| PROBLEM DESCRIPTION |
In the material below, some lines carry "true". Copy each such line.

| ENTRIES PROVIDED |
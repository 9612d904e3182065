//! What a field says of itself to the controller: that it goes on, and that inputs are real.

ghost use Rattle.std.specs.Prelude.{◌≡◌};

use field_map::Places;
use modbus_wire::Request;

/// The word that counts cycles, and the bit that says that inputs are real, with what is to be handed over of them.
#[derive(Clone, Copy)]
pub struct Signs {
    /// A word of `%I`.
    beat: Option<Places>,
    /// A bit of `%I`.
    ready: Option<Places>,
    /// So many cycles began, counted as an INT.
    count: i16,
    /// Whether the count is to be handed over.
    is_beating: bool,
    /// Whether inputs are real, as far as the controller is told it.
    is_ready: Option<bool>,
    /// What it's to be told of that.
    tells: Option<bool>,
}

impl Signs {
    ghost use Rattle.field_cycle.specs.Signs.{beaten, marked, after_sign, next_sign, new_signs, told_anew};
    ghost use Rattle.field_cycle.specs.Signs.{bit_of, word_of};

    /// Nothing is to be handed over.
    pub fn new(beat: Option<Places>, ready: Option<Places>) -> Signs
        ensures { result ≡ new_signs beat ready }
    {
        Signs {
            beat,
            ready,
            count: 0,
            is_beating: false,
            is_ready: None,
            tells: None,
        }
    }

    /// A cycle begins: the word is to be counted up, behind 32767 from -32768 on.
    pub fn beat(&mut self)
        ensures { self.new ≡ beaten self.old }
    {
        self.count = self.count.wrapping_add(1);
        self.is_beating = true;
    }

    /// Inputs are real, or aren't: that is to be told, unless it was.
    pub fn mark(&mut self, is_ready: bool)
        ensures { self.new ≡ marked self.old is_ready }
    {
        if self.is_ready != Some(is_ready) {
            self.tells = Some(is_ready);
            self.is_ready = Some(is_ready);
        }
    }

    /// The controller knows nothing.
    pub fn tell_anew(&mut self)
        ensures { self.new ≡ told_anew self.old }
    {
        self.is_ready = None;
        self.tells = None;
    }

    /// What hands the count over.
    fn counted(&self) -> Option<Request>
        ensures { result ≡ word_of self.now.beat self.now.count }
    {
        let places = self.beat?;
        Some(places.write_word(self.count))
    }

    /// What tells this of whether inputs are real.
    fn told(&self, tells: Option<bool>) -> Option<Request>
        ensures { result ≡ bit_of self.now.ready tells }
    {
        let places = self.ready?;
        let value = tells?;
        Some(places.write_bit(value))
    }

    /// What is handed over next.
    pub fn take(&mut self) -> Option<Request>
        ensures next { result ≡ next_sign self.old }
        ensures left { self.new ≡ after_sign self.old }
    {
        let is_beating = self.is_beating && self.beat.is_some();
        self.is_beating = false;
        if is_beating {
            return self.counted();
        }
        let tells = self.tells;
        self.tells = None;
        self.told(tells)
    }

    /// Whether nothing is to be handed over.
    pub fn is_empty(&self) -> bool {
        !(self.is_beating && self.beat.is_some()) && !(self.tells.is_some() && self.ready.is_some())
    }
}
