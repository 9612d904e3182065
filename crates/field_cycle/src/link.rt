//! One connection to a server: what was asked there, and by when an answer is wanted.

ghost use Rattle.std.specs.Prelude.{◌≡◌, ◌↔◌, true, None, IfSome, IsSome, OnOk, OnErr};
ghost use Rattle.field_cycle.specs.Links.{misfit, reply_by, IsNew, is_due, is_late, is_idle, is_up, connecting, opened};
ghost use Rattle.field_cycle.specs.Links.{may_ask, IsSent, asking, heard, answered, trusted, failed};
ghost use Rattle.field_cycle.specs.Links.{is_earlier, may_ask_again, asking_again, IsSentAgain, IsAnswer, IsSkipped};
ghost use Rattle.field_cycle.specs.Links.{turned_away, skipping, closed};

use modbus_wire::{Adu, HeaderFault, Reply, Request};
use thiserror::Error;

/// A moment, in milliseconds.
pub type Moment = u64;

/// The first pause before a connection is made anew.
pub const FIRST_PAUSE: u64 = 100;

/// The longest.
pub const LONGEST_PAUSE: u64 = 5000;

/// The pause before the addresses of a controller are tried anew, each of which was tried.
pub const TURN: u64 = 20;

/// Once rounds have been good for so long, the next pause is the first again.
pub const GOOD: u64 = 5000;

/// A reply to one of so many requests before the last is late, or came twice.
const EARLIER: u32 = 16;

/// Why a connection is given up.
#[derive(Clone, Copy, Debug, Error)]
pub enum LinkFault {
    /// It's not to be had, or it ended.
    #[error("closed")]
    Closed,
    /// Nothing came for too long.
    #[error("timeout")]
    Timeout,
    /// What came is no data unit.
    #[error("{0}")]
    Header(HeaderFault),
    /// It came and nothing was asked, or as the reply to another request.
    #[error("another transaction")]
    Transaction,
    #[error("another unit")]
    Unit,
    #[error("another function")]
    Function,
    /// The reply to the function has not as many values as were asked for, or is no echo.
    #[error("another length")]
    Length,
    /// The server said by this number why it isn't done.
    #[error("exception {0}")]
    Exception(u8),
    #[error("out of memory")]
    Memory,
}

/// A request that waits for its reply.
#[derive(Drop)]
pub struct Asked {
    pub transaction: u16,
    pub request: Request,
}

/// How a connection stands.
#[derive(Drop)]
pub enum Phase {
    /// There is none, and none is made before `until`.
    Down,
    /// It's being made.
    Connecting,
    /// Nothing is asked.
    Idle,
    /// A request waits for its reply.
    Waiting(Asked),
}

/// What came of the requests over a connection, and how often it was given up.
#[derive(Clone, Copy, Debug, PartialEq, Eq)]
pub struct Tally {
    /// Replies that were taken.
    pub replies: u64,
    /// Replies that were late, or came twice, and were skipped.
    pub skipped: u64,
    /// Requests that were asked again.
    pub retries: u64,
    /// How often the connection was given up for a fault.
    pub losses: u64,
}

/// A connection to a server of a unit.
#[derive(Drop)]
pub struct Link {
    pub unit: u8,
    /// A reply, or a connection, is late after so long.
    pub timeout: u64,
    /// So often a request is asked again that has no reply.
    pub retries: u8,
    /// So often that one is which was asked last.
    pub left: u8,
    pub phase: Phase,
    /// When something is due: a connection that is down is made, one that waits is late.
    pub until: Moment,
    /// The transaction of the request that was sent last.
    pub transaction: u16,
    /// So long is the next pause.
    pub pause: u64,
    /// Since when rounds have been good.
    pub good: Option<Moment>,
    pub tally: Tally,
}

/// Whether a transaction is one of the last before the next one. Behind 65535 comes 0.
fn is_earlier(next: u16, transaction: u16) -> bool
    ensures { result ≡ is_earlier next transaction }
{
    let behind = (u32::from(next) + 65536 - u32::from(transaction)) % 65536;
    0 < behind && behind <= EARLIER
}

/// The fault of a PDU that is no reply to a request of this function.
fn misfit(code: u8, pdu: &[u8]) -> LinkFault
    ensures { result ≡ misfit code pdu.now }
{
    match pdu.first() {
        Some(first) if *first & 0x7f == code => LinkFault::Length,
        _ => LinkFault::Function,
    }
}

impl Asked {
    /// The reply that a unit is to this request, if it's one.
    pub fn reply(&self, unit: u8, adu: &Adu) -> Result<Reply, LinkFault>
        ensures { result ≡ reply_by self.now unit adu.now }
    {
        if adu.transaction != self.transaction {
            return Err(LinkFault::Transaction);
        }
        if adu.unit != unit {
            return Err(LinkFault::Unit);
        }
        match Reply::read(&self.request, adu.pdu.as_slice()) {
            Some(Reply::Failed(number)) => Err(LinkFault::Exception(number)),
            Some(reply) => Ok(reply),
            None => Err(misfit(self.request.function().code(), adu.pdu.as_slice())),
        }
    }
}

impl Link {
    /// No connection yet; one may be made at once.
    pub fn new(unit: u8, timeout: u64, retries: u8) -> Link
        ensures { IsNew unit timeout retries result }
    {
        Link {
            unit,
            timeout,
            retries,
            left: 0,
            phase: Phase::Down,
            until: 0,
            transaction: 0,
            pause: FIRST_PAUSE,
            good: None,
            tally: Tally {
                replies: 0,
                skipped: 0,
                retries: 0,
                losses: 0,
            },
        }
    }

    /// Whether it's down, and to be made now.
    pub fn is_due(&self, now: Moment) -> bool
        ensures { result ≡ is_due self.now now }
    {
        matches!(self.phase, Phase::Down) && self.until <= now
    }

    /// Whether what it waits for is late now.
    pub fn is_late(&self, now: Moment) -> bool
        ensures { result ≡ is_late self.now now }
    {
        matches!(self.phase, Phase::Connecting | Phase::Waiting(_)) && self.until <= now
    }

    /// Whether something may be asked.
    pub fn is_idle(&self) -> bool
        ensures { result ≡ is_idle self.now.phase }
    {
        matches!(self.phase, Phase::Idle)
    }

    /// Whether there is a connection.
    pub fn is_up(&self) -> bool
        ensures { result ≡ is_up self.now.phase }
    {
        matches!(self.phase, Phase::Idle | Phase::Waiting(_))
    }

    /// It's being made from now on.
    pub fn connect(&mut self, now: Moment)
        ensures { self.new ≡ connecting self.old now }
    {
        self.phase = Phase::Connecting;
        self.until = now.saturating_add(self.timeout);
    }

    /// It's made, if that was waited for.
    pub fn open(&mut self)
        ensures { self.new ≡ opened self.old }
    {
        if matches!(self.phase, Phase::Connecting) {
            self.phase = Phase::Idle;
        }
    }

    /// Asks, and gives what is to be sent. None where it isn't idle, or the request isn't lawful: then nothing changes.
    pub fn ask(&mut self, request: Request, now: Moment) -> Option<Adu>
        ensures asked { IsSome result ↔ (may_ask self.old request ≡ true) }
        ensures sent { IfSome result (λ adu. IsSent self.old request adu) }
        ensures waits { IfSome result (λ adu. self.new ≡ asking self.old request now) }
        ensures none { result ≡ None → self.new ≡ self.old }
    {
        if !self.is_idle() {
            return None;
        }
        let pdu = request.write()?;
        let transaction = self.transaction.wrapping_add(1);
        let unit = self.unit;
        self.transaction = transaction;
        self.left = self.retries;
        self.until = now.saturating_add(self.timeout);
        self.phase = Phase::Waiting(Asked {
            transaction,
            request,
        });
        Some(Adu {
            transaction,
            unit,
            pdu,
        })
    }

    /// Asks once more what had no reply, under its transaction, and gives what is to be sent. None where nothing is
    /// asked, or it was asked often enough: then nothing changes.
    pub fn ask_again(&mut self, now: Moment) -> Option<Adu>
        ensures asked { IsSome result ↔ (may_ask_again self.old ≡ true) }
        ensures sent { IfSome result (λ adu. IsSentAgain self.old adu) }
        ensures waits { IfSome result (λ adu. self.new ≡ asking_again self.old now) }
        ensures none { result ≡ None → self.new ≡ self.old }
    {
        let Phase::Waiting(asked) = &self.phase else {
            return None;
        };
        if self.left == 0 {
            return None;
        }
        let adu = Adu {
            transaction: asked.transaction,
            unit: self.unit,
            pdu: asked.request.write()?,
        };
        self.left -= 1;
        self.until = now.saturating_add(self.timeout);
        self.tally.retries = self.tally.retries.saturating_add(1);
        Some(adu)
    }

    /// What a unit is: the reply that is waited for; or none, where it's the reply to a request before, which is late
    /// or came twice; or the fault of the connection.
    fn judge(&self, adu: &Adu) -> Result<Option<Reply>, LinkFault>
        ensures { result ≡ heard self.now adu.now }
    {
        match &self.phase {
            Phase::Waiting(asked) => {
                if is_earlier(asked.transaction, adu.transaction) {
                    return Ok(None);
                }
                Ok(Some(asked.reply(self.unit, adu)?))
            }
            Phase::Idle if is_earlier(self.transaction.wrapping_add(1), adu.transaction) => {
                Ok(None)
            }
            _ => Err(LinkFault::Transaction),
        }
    }

    /// Takes a unit that came: the reply that was waited for; or none, where it's the reply to a request before, which
    /// is late or came twice, and is skipped; or the fault of the connection, which is to be given up.
    pub fn hear(&mut self, adu: &Adu) -> Result<Option<Reply>, LinkFault>
        ensures is { result ≡ heard self.old adu.now }
        ensures answer { IsAnswer result → self.new ≡ answered self.old }
        ensures skipped { IsSkipped result → self.new ≡ skipping self.old }
        ensures err { OnErr result (self.new ≡ self.old) }
    {
        let heard = self.judge(adu)?;
        if heard.is_some() {
            self.phase = Phase::Idle;
            self.tally.replies = self.tally.replies.saturating_add(1);
        } else {
            self.tally.skipped = self.tally.skipped.saturating_add(1);
        }
        Ok(heard)
    }

    /// A round was good. Where they have been so for 5 s, the next pause is the first again.
    pub fn trust(&mut self, now: Moment)
        ensures { self.new ≡ trusted self.old now }
    {
        let good = self.good.unwrap_or(now);
        self.good = Some(good);
        if good.saturating_add(GOOD) <= now {
            self.pause = FIRST_PAUSE;
        }
    }

    /// Gives the connection up, and waits: 100 ms at first, each time twice as long, up to 5 s, until it's trusted
    /// again.
    pub fn fail(&mut self, now: Moment)
        ensures { self.new ≡ failed self.old now }
    {
        self.phase = Phase::Down;
        self.good = None;
        self.until = now.saturating_add(self.pause);
        self.pause = self.pause.saturating_mul(2).min(LONGEST_PAUSE);
        self.tally.losses = self.tally.losses.saturating_add(1);
    }

    /// Gives the connection up for a fault; one is made again at this moment.
    pub fn turn_away(&mut self, until: Moment)
        ensures { self.new ≡ turned_away self.old until }
    {
        self.phase = Phase::Down;
        self.until = until;
        self.tally.losses = self.tally.losses.saturating_add(1);
    }

    /// Gives the connection up, which has no fault; one may be made again at once.
    pub fn close(&mut self)
        ensures { self.new ≡ closed self.old }
    {
        self.phase = Phase::Down;
        self.until = 0;
    }
}
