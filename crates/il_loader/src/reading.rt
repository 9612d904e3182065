//! Reading the tables of an image.

ghost use Rattle.std.specs.Prelude.{◌≡◌, [], IfOk};
ghost use Rattle.il_model.specs.Codes.{is_new_instance, argument_number, is_free, coded_location, coded_location_in};
ghost use Rattle.il_loader.specs.Reading.{items_from, variable_at, instance_at, mark_at, instruction_at, argument_at};
ghost use Rattle.il_loader.specs.Reading.{word_at, next_word};
ghost use Rattle.il_records.specs.Fields.{Gives, constant_at};
ghost use Rattle.il_model.specs.Image.{may_call};

use crate::declared::SymbolTables;
use crate::instance::Instances;
use crate::label::{Label, Labels};
use crate::operands::{argument_operand_in, label_there, word_operand_in};
use crate::variable::Variables;
use crate::word::{Content, Word};
use il_model::{
    Arguments, BlockKind, CodedOperand, Constants, Instance, Instr, Loc, Name, Side, Ty, Variable,
    Version, is_type, letters_of, loc_type, name_version, op_in, side_of, type_in,
};
use il_records::{
    LoadError, LoadFault, agrees, constant_at, declared_at, first_value_at, lawful,
    spelled_name_at, u8_at, u16_at,
};
use std::alloc::Global;

/// Whether a name is lawful, neither a variable nor an instance has it, and no variable stands under it.
fn is_new_instance(variables: &Variables, seen: &Instances, name: &[u8]) -> bool
    ensures { result ≡ is_new_instance variables.now seen.now name.now }
{
    variables.is_new(name) && !seen.number_of(name).is_some() && !variables.has_under(name)
}

/// Whether an image of this version may have the name.
fn may_call(version: Version, name: &[u8]) -> bool
    ensures { result ≡ may_call version name.now }
{
    version.may_have(name_version(name))
}

/// Whether a location is of the type and no other variable has a part of it.
fn is_free(seen: &Variables, ty: Ty, loc: Loc) -> bool
    ensures { result ≡ is_free seen.now ty loc }
{
    is_type(ty, loc_type(loc)) && !seen.is_overlapped(loc)
}

/// The location with a code, where it is free; none at the code for none.
fn location_of(seen: &Variables, ty: Ty, n: u16) -> Option<Option<Loc>>
    ensures { result ≡ coded_location seen.now ty n }
{
    match CodedOperand::of_code(n)? {
        CodedOperand::Unused => Some(None),
        CodedOperand::Location(loc) => if is_free(seen, ty, loc) {
            Some(Some(loc))
        } else {
            None
        },
        _ => None,
    }
}

/// That location, where an image of this version may have it.
fn location_in(version: Version, seen: &Variables, ty: Ty, n: u16) -> Option<Option<Loc>>
    ensures { result ≡ coded_location_in version seen.now ty n }
{
    let location = location_of(seen, ty, n)?;
    if version.may_lie(location) {
        Some(location)
    } else {
        None
    }
}

/// A variable, and the bytes of its name.
#[tactic(auto, unfolding(crate::specs::Reading::variable_at, crate::specs::Reading::name_at))]
fn variable_at<'a>(
    alloc: Global,
    version: Version,
    total: usize,
    seen: &Variables,
    bytes: &'a [u8],
) -> Result<(Variable, &'a [u8], &'a [u8]), LoadError>
    ensures found { Gives (λ x. (x.0, x.2.now)) result (variable_at version total seen.now bytes.entry.now) }
    ensures name { IfOk result (λ x. x.1.now ≡ x.0.name) }
{
    let position = total.saturating_sub(bytes.len());
    let (name, rest) = spelled_name_at(version, position, bytes)?;
    agrees(
        LoadFault::BadWord { position },
        may_call(version, name) && seen.is_new(name),
    )?;
    let (retained, code, rest) = declared_at(version, position, rest)?;
    let ty = lawful(position, type_in(version, code))?;
    let (place, rest) = u16_at(rest)?;
    let location = lawful(position, location_in(version, seen, ty, place))?;
    let (initial, rest) = first_value_at(version, position, ty, location, rest)?;
    let found = Variable {
        name: Name::of(Vec::from_slice(alloc, name)?),
        ty,
        location,
        initial,
        retained,
    };
    Ok((found, name, rest))
}

/// An instance, and the bytes of its name.
#[tactic(auto, unfolding(crate::specs::Reading::instance_at, crate::specs::Reading::name_at))]
fn instance_at<'a>(
    alloc: Global,
    version: Version,
    total: usize,
    variables: &Variables,
    seen: &Instances,
    bytes: &'a [u8],
) -> Result<(Instance, &'a [u8], &'a [u8]), LoadError>
    ensures found { Gives (λ x. (x.0, x.2.now)) result
        (instance_at version total variables.now seen.now bytes.entry.now) }
    ensures name { IfOk result (λ x. x.1.now ≡ x.0.name) }
{
    let position = total.saturating_sub(bytes.len());
    let (name, rest) = spelled_name_at(version, position, bytes)?;
    agrees(
        LoadFault::BadWord { position },
        may_call(version, name) && is_new_instance(variables, seen, name),
    )?;
    let (retained, code, rest) = declared_at(version, position, rest)?;
    let kind = lawful(position, BlockKind::of_code(code))?;
    let found = Instance {
        name: Name::of(Vec::from_slice(alloc, name)?),
        kind,
        retained,
    };
    Ok((found, name, rest))
}

/// A label.
#[tactic(auto, unfolding(crate::specs::Reading::mark_at, crate::specs::Reading::name_at))]
fn mark_at<'a>(
    version: Version,
    total: usize,
    seen: &Labels,
    bytes: &'a [u8],
) -> Result<(Label<'a>, &'a [u8]), LoadError>
    ensures { Gives (λ x. (x.0, x.1.now)) result (mark_at version total seen.now bytes.entry.now) }
{
    let position = total.saturating_sub(bytes.len());
    let (name, rest) = spelled_name_at(version, position, bytes)?;
    agrees(
        LoadFault::BadWord { position },
        may_call(version, name) && seen.is_new(name),
    )?;
    let (at, rest) = u16_at(rest)?;
    Ok((Label { name, at }, rest))
}

/// Any number below 8 may be a field's.
fn argument_number(n: u8) -> Option<u8>
    ensures { result ≡ argument_number n }
{
    if n < 8 { Some(n) } else { None }
}

/// The n-th word behind its code, where it is an instruction.
#[tactic(auto, unfolding(crate::specs::Reading::instruction_at))]
fn instruction_at<'a>(
    alloc: Global,
    position: usize,
    tables: &SymbolTables,
    n: usize,
    code: u8,
    bytes: &'a [u8],
) -> Result<(Word, &'a [u8]), LoadError>
    ensures { Gives (λ x. (x.0, x.1.now)) result
        (instruction_at tables.now.version position
        tables.now.declared.now tables.now.labels.now tables.now.constants.now n code bytes.entry.now) }
{
    let op = lawful(position, op_in(tables.version, code))?;
    let (letters, rest) = u8_at(bytes)?;
    let modifier = lawful(position, letters_of(op, letters))?;
    let (code, rest) = u16_at(rest)?;
    let operand = word_operand_in(alloc, tables, op, modifier, code)?;
    let operand = lawful(position, operand)?;
    let label = label_there(alloc, tables.labels, n)?;
    let line = Instr {
        label,
        op,
        modifier,
        operand,
        arguments: Arguments::of(Vec::new(alloc)),
    };
    let content = Content::Instruction(line);
    Ok((Word { content, code }, rest))
}

/// A word behind its code, where it is an argument.
#[tactic(auto, unfolding(crate::specs::Reading::argument_at))]
fn argument_at<'a>(
    alloc: Global,
    position: usize,
    tables: &SymbolTables,
    side: Side,
    bytes: &'a [u8],
) -> Result<(Word, &'a [u8]), LoadError>
    ensures { Gives (λ x. (x.0, x.1.now)) result
        (argument_at tables.now.version position
        tables.now.declared.now tables.now.constants.now side bytes.entry.now) }
{
    let (number, rest) = u8_at(bytes)?;
    let number = lawful(position, argument_number(number))?;
    let (code, rest) = u16_at(rest)?;
    let operand = argument_operand_in(alloc, tables, code)?;
    let operand = lawful(position, operand)?;
    let content = Content::Argument(side, number, operand);
    Ok((Word { content, code }, rest))
}

#[tactic(auto, unfolding(crate::specs::Reading::word_at))]
fn word_at<'a>(
    alloc: Global,
    position: usize,
    tables: &SymbolTables,
    n: usize,
    bytes: &'a [u8],
) -> Result<(Word, &'a [u8]), LoadError>
    ensures { Gives (λ x. (x.0, x.1.now)) result
        (word_at tables.now.version position
        tables.now.declared.now tables.now.labels.now tables.now.constants.now n bytes.entry.now) }
{
    let (code, rest) = u8_at(bytes)?;
    match side_of(code) {
        Some(side) => argument_at(alloc, position, tables, side, rest),
        None => instruction_at(alloc, position, tables, n, code, rest),
    }
}

/// The variables, of which there are `count`, and the bytes behind them.
pub fn variables_of<'a>(
    alloc: Global,
    version: Version,
    total: usize,
    count: u16,
    bytes: &'a [u8],
) -> Result<(Variables<'a>, &'a [u8]), LoadError>
    ensures { Gives (λ x. (x.0, x.1.now)) result (items_from (variable_at version total) count [] bytes.entry.now) }
{
    let mut seen = Variables::new(alloc);
    let mut rest = bytes;
    for _ in 0..count {
        let (one, name, after) = variable_at(alloc, version, total, &seen, rest)?;
        seen = seen.with(one, name)?;
        rest = after;
    }
    Ok((seen, rest))
}

/// The instances, of which there are `count`, and the bytes behind them.
pub fn instances_of<'a>(
    alloc: Global,
    version: Version,
    total: usize,
    variables: &Variables,
    count: u16,
    bytes: &'a [u8],
) -> Result<(Instances<'a>, &'a [u8]), LoadError>
    ensures { Gives (λ x. (x.0, x.1.now)) result
        (items_from (instance_at version total variables.now) count [] bytes.entry.now) }
{
    let mut seen = Instances::new(alloc);
    let mut rest = bytes;
    for _ in 0..count {
        let (one, name, after) = instance_at(alloc, version, total, variables, &seen, rest)?;
        seen = seen.with(one, name)?;
        rest = after;
    }
    Ok((seen, rest))
}

/// The labels, of which there are `count`, and the bytes behind them.
pub fn labels_of<'a>(
    alloc: Global,
    version: Version,
    total: usize,
    count: u16,
    bytes: &'a [u8],
) -> Result<(Labels<'a>, &'a [u8]), LoadError>
    ensures { Gives (λ x. (x.0, x.1.now)) result (items_from (mark_at version total) count [] bytes.entry.now) }
{
    let mut seen = Labels::new(alloc);
    let mut rest = bytes;
    for _ in 0..count {
        let (one, after) = mark_at(version, total, &seen, rest)?;
        seen = seen.with(one)?;
        rest = after;
    }
    Ok((seen, rest))
}

/// The constants, of which there are `count`, and the bytes behind them.
pub fn constants_of(
    alloc: Global,
    version: Version,
    total: usize,
    count: u16,
    bytes: &[u8],
) -> Result<(Constants, &[u8]), LoadError>
    ensures { Gives (λ x. (x.0, x.1.now)) result (items_from (constant_at version total) count [] bytes.now) }
{
    let mut seen = Constants::new(alloc);
    let mut rest = bytes;
    for _ in 0..count {
        let (one, after) = constant_at(version, total, &seen, rest)?;
        seen = seen.with(one)?;
        rest = after;
    }
    Ok((seen, rest))
}

/// The word behind these.
fn next_word<'a>(
    alloc: Global,
    total: usize,
    tables: &SymbolTables,
    seen: &[Word],
    bytes: &'a [u8],
) -> Result<(Word, &'a [u8]), LoadError>
    ensures { Gives (λ x. (x.0, x.1.now)) result
        (next_word tables.now.version total
        tables.now.declared.now tables.now.labels.now tables.now.constants.now seen.now bytes.entry.now) }
{
    let position = total.saturating_sub(bytes.len());
    word_at(alloc, position, tables, seen.len(), bytes)
}

/// The words, of which there are `count`, and the bytes behind them: instructions, and the arguments of calls.
pub fn words_of<'a>(
    alloc: Global,
    total: usize,
    tables: &SymbolTables,
    count: u16,
    bytes: &'a [u8],
) -> Result<(Vec<Word>, &'a [u8]), LoadError>
    ensures { Gives (λ x. (x.0.items, x.1.now)) result
        (items_from
        (next_word tables.now.version total tables.now.declared.now tables.now.labels.now tables.now.constants.now)
        count [] bytes.entry.now) }
{
    let mut found = Vec::new(alloc);
    let mut rest = bytes;
    for _ in 0..count {
        let (one, after) = next_word(alloc, total, tables, found.as_slice(), rest)?;
        found.push(one)?;
        rest = after;
    }
    Ok((found, rest))
}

| RESPONSE TO THIS EXERCISE |
        self.is_beating = true;
ghost use Rattle.std.specs.Prelude.{◌≡◌, ◌↔◌, true, None, IfSome, IsSome, OnOk, OnErr};
        ensures asked { IsSome result ↔ (may_ask self.old request ≡ true) }
        ensures asked { IsSome result ↔ (may_ask_again self.old ≡ true) }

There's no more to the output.